John Hubbard Chafee served Rhode Island as State Representative
(1957-1962), Governor (1963-1968), and as United States Senator
(1977-1999). He also served as Secretary of the Navy under President
Richard Nixon for three years (1969-1972). He died on October 24,
1999, two days after his 77th birthday, after having spent
most of his working years in public service.
Born in Providence, Rhode Island on October 22, 1922, John Chafee
was descended from one of the original six families to settle Rhode
Island and came from a family long prominent in politics. Two
relatives on his mothers side had served as governors of Rhode
Island, great grandfather, Henry Lippitt (1875-77) and, great uncle,
Charles Warren Lippitt (1895-97). Another great-uncle, Henry Frederick
Lippitt (1911-17), had been a United States Senator from Rhode Island.
Zechariah Chafee, Jr., an uncle, was a noted Harvard law professor.

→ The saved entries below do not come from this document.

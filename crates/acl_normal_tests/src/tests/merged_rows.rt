//! The rows of principals while one ACE after the other is emitted. By the first match (RFC 8881, section 6.2.1), an
//! ALLOW of the owner must stay after an earlier DENY of a user who may be the owner.

use super::harness::{NO_WRITE, READ_DATA, WRITE_DATA};
use acl_lists_for_tests::built;
use acl_normal::MergedRows;
use acl_perm::{Kind, Mask, Principal};
use std::process::Abort;
use std::test::Fail;

// Bob's ACE waits before the owner's, which is free to write once bob's is out.
fn bob_goes_first(rt: &impl Abort, rows: &mut MergedRows<'_>, read: Mask, write: Mask) {
    let bob = Principal::User(b"bob");
    assert!(rt; rows.is_free(Principal::Owner, read));
    assert!(rt; !rows.is_free(Principal::Owner, write));
    assert!(rt; rows.is_free(bob, write));
    assert!(rt; rows.waiting(Kind::Deny, true, write).contains(&0));
    assert!(rt; rows.waiting(Kind::Allow, false, write).contains(&1));
    rows.emit(bob, write);
    assert!(rt; !rows.waiting(Kind::Deny, true, write).contains(&0));
    assert!(rt; rows.is_free(Principal::Owner, write));
}

mod ample {
    use super::*;

    #[test]
    fn an_ace_of_merged_rows_is_free_once_the_ace_that_blocks_it_is_emitted(
        rt: HostRuntime,
    ) -> Result<(), Fail> {
        let read = Mask::new(READ_DATA).ok_or("no such right")?;
        let write = Mask::new(WRITE_DATA).ok_or("no such right")?;
        let list = built(rt.alloc(), &NO_WRITE)?;
        let mut rows = MergedRows::new(rt.alloc(), &list)?;
        bob_goes_first(&rt, &mut rows, read, write);
        Ok(())
    }
}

John H. Chafee obtained his early education in the public
elementary schools of Providence, the Providence Country Day School,
and Deerfield Academy, Deerfield, Massachusetts. After graduating from
Deerfield Academy in 1940, he entered Yale University, but left Yale
in his sophomore year to enlist in the United States Marine Corp. He
served first as a private and landed with the first assault troops at
Guadalcanal. In November 1943, he attended Officers Candidate School
and was commissioned as second lieutenant, United States Marine Corps
Reserve, in June 1944. The following January he went to Guam and
served with the Sixth Marine Division in the battle of Okinawa in
April 1945; he left active duty in December 1945.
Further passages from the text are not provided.